Incorporate Both Strength and Cardio Training
Balancing muscle building and fat burning training is key. Lifting weights builds metabolism boosting muscle while steady state cardio burns calories. Aim for 2-4 strength sessions and 2-3 cardio sessions weekly.
Periodize and Cycle Intensity
Vary high and low intensity weeks or alternate heavy lift phases focusing on lower rep sets with higher weights with lighter hypertrophy sets at higher reps. Keeping the body guessing boosts calorie burn and metabolic response.
Try Different Exercises
Replace some regular go-to moves with fresh alternatives monthly. Swap leg presses for weighted walking lunges, trade cable crossovers for decline push ups, switch seated lateral raises for Arnold presses. This provides new muscle stimulation.
Cross Train With Activities Outdoors
Take your run to the park, get in some laps at the pool instead of the treadmill, join a recreational sports league, go on a scenic hike. Such activities are lower impact reducing injury risk while breaking training monotony.
Adjust Diet In Phases
Making too many drastic changes too quickly can shock the body and backfire. Take an incremental dietary approach in distinct stages for more sustainable results. Move to the next phase every 2 weeks.
Phase 1: Crowd Out Processed Foods
First remove empty caloric processed snacks, junk food, sugary treats and replace with fruits, vegetables and whole grains to form new habits before tackling larger diet changes. Stock kitchen with clean alternatives.

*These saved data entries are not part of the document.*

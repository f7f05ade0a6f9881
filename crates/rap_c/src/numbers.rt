//! Editions, entries and kinds by their numbers.
ghost use Rattle.std.specs.Prelude.{◌≡◌, ◌≤◌, ◌<◌, MatchResult, Some, None, if◌then◌else◌, nat_le};
ghost use Rattle.rap_c.specs.Numbers.{IsEditionOf, IsTopOf, IsPrefixOf, IsNoEdition, IsNoTop, IsNoPrefix, kind_in};
ghost use Rattle.rap_c.specs.declared.answer.Fault.TheVariants.{NoEdition, NoEntry};

use crate::answer::Fault;
use ra_ap_parser::{Edition, PrefixEntryPoint, SyntaxKind, TopEntryPoint};

/// The number of the last kind.
const LAST_KIND: u32 = 329;

/// The edition of the year.
pub fn edition_of(year: u32) -> Result<Edition, Fault>
    ensures { MatchResult result (λ edition. IsEditionOf year edition) (λ fault. (fault ≡ NoEdition) × IsNoEdition year) }
{
    match year {
        2015 => Ok(Edition::Edition2015),
        2018 => Ok(Edition::Edition2018),
        2021 => Ok(Edition::Edition2021),
        2024 => Ok(Edition::Edition2024),
        _ => Err(Fault::NoEdition),
    }
}

/// The top entry with the number.
pub fn top_entry_of(number: u32) -> Result<TopEntryPoint, Fault>
    ensures { MatchResult result (λ entry. IsTopOf number entry) (λ fault. (fault ≡ NoEntry) × IsNoTop number) }
{
    match number {
        0 => Ok(TopEntryPoint::SourceFile),
        1 => Ok(TopEntryPoint::MacroStmts),
        2 => Ok(TopEntryPoint::MacroItems),
        3 => Ok(TopEntryPoint::Pattern),
        4 => Ok(TopEntryPoint::Ty),
        5 => Ok(TopEntryPoint::Expr),
        6 => Ok(TopEntryPoint::MetaItem),
        _ => Err(Fault::NoEntry),
    }
}

/// The prefix entry with the number.
pub fn prefix_entry_of(number: u32) -> Result<PrefixEntryPoint, Fault>
    ensures { MatchResult result (λ entry. IsPrefixOf number entry) (λ fault. (fault ≡ NoEntry) × IsNoPrefix number) }
{
    match number {
        0 => Ok(PrefixEntryPoint::Vis),
        1 => Ok(PrefixEntryPoint::Block),
        2 => Ok(PrefixEntryPoint::Stmt),
        3 => Ok(PrefixEntryPoint::Pat),
        4 => Ok(PrefixEntryPoint::PatTop),
        5 => Ok(PrefixEntryPoint::Ty),
        6 => Ok(PrefixEntryPoint::Expr),
        7 => Ok(PrefixEntryPoint::Path),
        8 => Ok(PrefixEntryPoint::Item),
        9 => Ok(PrefixEntryPoint::MetaItem),
        _ => Err(Fault::NoEntry),
    }
}

/// The kind with the number, if there is one.
pub fn kind_of(number: u32) -> Option<SyntaxKind>
    ensures { result ≡ kind_in number }
{
    if number <= LAST_KIND {
        Some(SyntaxKind::from_u16(number as u16))
    } else {
        None
    }
}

Phase 2: Balance Out Macronutrients
Now ensure each meal contains quality sources of protein, healthy fats and fiber-rich complex carbs. This keeps blood sugar balanced, hunger at bay while providing essential micronutrients.

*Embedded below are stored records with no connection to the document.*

//! Messages as the programs print them.
ghost use Rattle.std.specs.Prelude.{◌≡◌, ◌++◌, OnOk, string_bytes};
ghost use Rattle.rast_common.specs.Message.{message_line};

use std::alloc::AllocError;
use std::fmt::Write as _;

/// Adds a message's line: `error`, the number of what it is about, a colon and the message.
pub fn push_message(lines: &mut String, number: usize, message: &str) -> Result<(), AllocError>
    ensures { OnOk result (string_bytes lines.new ≡ string_bytes lines.old ++ message_line number message.now) }
{
    writeln!(lines, "error {number}: {message}")?;
    Ok(())
}
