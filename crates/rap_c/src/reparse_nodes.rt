//! A node in braces that is parsed again from its own text, in one list.
ghost use Rattle.std.specs.Prelude.{◌≡◌, ◌≤◌, ◌<◌, IfErr, IfOk};
ghost use Rattle.rap_c.specs.FrontNodes.{IsAgainNodes, IsFilledAgain};
ghost use Rattle.rap_c.specs.Listed.{rooms_of};
ghost use Rattle.rap_c.specs.Nodes.{AreNodesUntouched, IsNodesRefusal};
ghost use Rattle.rap_c.specs.Reparse.{ComesOfNode, ComesOfReparse, asked_kind};

use crate::answer::Fault;
use crate::element::{RapElement, RapMessage, RapNodesAnswer, settle_nodes};
use crate::numbers::edition_of;
use crate::prefix_nodes::fill_one_tree;
use crate::reading::{read, text_of};
use crate::reparse::reparser_of;
use ra_ap_parser::{Edition, ParseFault, Reparser};
use std::alloc::Global;

/// Parses the node again, and fills the rooms with it.
fn fill_again(
    alloc: Global,
    edition: Edition,
    reparser: Reparser,
    text: &str,
    elements: &mut [RapElement],
    messages: &mut [RapMessage],
    bytes: &mut [u8],
) -> Result<RapNodesAnswer, Fault>
    ensures filled { IfOk result (IsFilledAgain text.now edition reparser (rooms_of elements.old messages.old bytes.old) (rooms_of elements.new messages.new bytes.new)) }
    ensures fault { IfErr result (ComesOfNode text.now edition reparser) }
    ensures untouched { IfErr result (λ _. AreNodesUntouched (rooms_of elements.old messages.old bytes.old) (rooms_of elements.new messages.new bytes.new)) }
{
    let reading = read(alloc, edition, text)?;
    if !reparser.can_parse(&reading.input) {
        return Err(Fault::NoBrace);
    }
    match reparser.parse(alloc, &reading.input) {
        Ok(output) => Ok(fill_one_tree(&reading.lexed, &output, elements, messages, bytes)),
        Err(ParseFault::TooManyTokens) => Err(Fault::TooManyTokens),
        Err(ParseFault::NoMemory) => Err(Fault::NoMemory),
    }
}

/// Reads the numbers and the bytes, and fills the rooms.
fn reparse_nodes(
    alloc: Global,
    text: &[u8],
    edition: u32,
    node: u32,
    first_child: u32,
    parent: u32,
    elements: &mut [RapElement],
    messages: &mut [RapMessage],
    bytes: &mut [u8],
) -> Result<RapNodesAnswer, Fault>
    ensures filled { IfOk result (IsAgainNodes text.now edition (asked_kind node first_child parent) (rooms_of elements.old messages.old bytes.old) (rooms_of elements.new messages.new bytes.new)) }
    ensures fault { IfErr result (ComesOfReparse text.now edition (asked_kind node first_child parent)) }
    ensures untouched { IfErr result (λ _. AreNodesUntouched (rooms_of elements.old messages.old bytes.old) (rooms_of elements.new messages.new bytes.new)) }
{
    let edition = edition_of(edition)?;
    let reparser = reparser_of(node, first_child, parent)?;
    let text = text_of(text)?;
    fill_again(alloc, edition, reparser, text, elements, messages, bytes)
}

/// Parses a node again from its own text, by the kinds' numbers of the node, of the first thing in it and of the node
/// around it, and fills the slices with the nodes and leaves of its tree in preorder, trivia put back, with its
/// messages, and with their bytes. A number past the last kind's says that there is none. Where it is not one tree the
/// status is 1, and nothing is written. Returns how many of each there are, and where the node ends.
#[unsafe(no_mangle)]
pub extern "C" fn rap_reparse_nodes(
    alloc: Global,
    text: &[u8],
    edition: u32,
    node: u32,
    first_child: u32,
    parent: u32,
    elements: &mut [RapElement],
    messages: &mut [RapMessage],
    bytes: &mut [u8],
) -> RapNodesAnswer
    ensures reparsed { result.status ≤ 1 → IsAgainNodes text.now edition (asked_kind node first_child parent) (rooms_of elements.old messages.old bytes.old) (rooms_of elements.new messages.new bytes.new) result }
    ensures refused { 1 < result.status → IsNodesRefusal (ComesOfReparse text.now edition (asked_kind node first_child parent)) result × AreNodesUntouched (rooms_of elements.old messages.old bytes.old) (rooms_of elements.new messages.new bytes.new) }
{
    settle_nodes(reparse_nodes(
        alloc,
        text,
        edition,
        node,
        first_child,
        parent,
        elements,
        messages,
        bytes,
    ))
}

Phase 3: Find Caloric Baseline
Use weight tracking app to determine daily caloric baseline needed for weight maintenance at current activity levels. Genrally this will be 15-20 calories per pound of body weight but varies individually.
Phase 4: Apply Small Calorie Deficit
To spur weight loss, consume 10-20% less than maintenance baseline calories daily focusing on sufficient protein intake and high nutrient density foods. A small manageable deficit is key for long term compliance and prevents starvation mode.

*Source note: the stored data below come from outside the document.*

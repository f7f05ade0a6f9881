//! Parsing a prefix of records.
ghost use Rattle.std.specs.Prelude.{◌≡◌, ◌≤◌, ◌<◌, IfErr, IfOk};
ghost use Rattle.rap_c.specs.Given.{IsRefusal, IsUntouched};
ghost use Rattle.rap_c.specs.Parsed.{ComesOfParsePrefix, ComesOfRows, IsFilledParse, IsFrontOf, IsParsePrefix};

use crate::answer::{Fault, RapAnswer, settle};
use crate::numbers::prefix_entry_of;
use crate::parse::fill_raw;
use crate::record::{RapRecord, input_of};
use crate::step::RapStep;
use ra_ap_parser::{ParseFault, PrefixEntryPoint};
use std::alloc::Global;

/// Parses a prefix of the records, and fills the room with the output.
fn fill_front(
    alloc: Global,
    entry: PrefixEntryPoint,
    rows: &[RapRecord],
    steps: &mut [RapStep],
    messages: &mut [u8],
) -> Result<RapAnswer, Fault>
    ensures filled { IfOk result (IsFilledParse (IsFrontOf entry) rows.now steps.old steps.new messages.old messages.new) }
    ensures fault { IfErr result (ComesOfRows rows.now) }
    ensures untouched { IfErr result (λ _. IsUntouched steps.old steps.new messages.old messages.new) }
{
    let input = input_of(alloc, rows)?;
    match entry.parse(alloc, &input) {
        Ok(output) => Ok(fill_raw(&output, steps, messages)),
        Err(ParseFault::TooManyTokens) => Err(Fault::TooManyTokens),
        Err(ParseFault::NoMemory) => Err(Fault::NoMemory),
    }
}

/// Reads the number, and fills the room.
fn parse_prefix(
    alloc: Global,
    rows: &[RapRecord],
    entry: u32,
    steps: &mut [RapStep],
    messages: &mut [u8],
) -> Result<RapAnswer, Fault>
    ensures filled { IfOk result (IsParsePrefix rows.now entry steps.old steps.new messages.old messages.new) }
    ensures fault { IfErr result (ComesOfParsePrefix rows.now entry) }
    ensures untouched { IfErr result (λ _. IsUntouched steps.old steps.new messages.old messages.new) }
{
    let entry = prefix_entry_of(entry)?;
    fill_front(alloc, entry, rows, steps, messages)
}

/// Parses a prefix of the records from the prefix entry with this number, and fills the slices with the steps of the
/// output, which count records, and with the bytes of its messages. Where it is not one tree the status is 1. The
/// answer says how many of each there are, and how many records were taken.
#[unsafe(no_mangle)]
pub extern "C" fn rap_parse_prefix(
    alloc: Global,
    rows: &[RapRecord],
    entry: u32,
    steps: &mut [RapStep],
    messages: &mut [u8],
) -> RapAnswer
    ensures parsed { result.status ≤ 1 → IsParsePrefix rows.now entry steps.old steps.new messages.old messages.new result }
    ensures refused { 1 < result.status → IsRefusal (ComesOfParsePrefix rows.now entry) result × IsUntouched steps.old steps.new messages.old messages.new }
{
    settle(parse_prefix(alloc, rows, entry, steps, messages))
}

Phase 5: Incorporate Intermittent Fasting
An optional advanced phase for accelerating fat burn involves fasting for 14-18 hours daily, restricting intake to a 6-8 hour eating window. This allows insulin to drop and body to burn stored fat for energy during the extended fasts.
Conclusion
Losing weight is certainly not easy but also not impossible with some concerted troubleshooting and strategic adjustments.
Pay attention to your dietary composition and behaviors, rule out any underlying health conditions hindering metabolism or hormone function, track quantifiable data to stay accountable and progress in manageable diet and workout phases.
With some patience and perseverance, the breakthrough you’ve been waiting for could be right around the corner! Stay positive and don’t lose sight of your end goal. You’ve got this!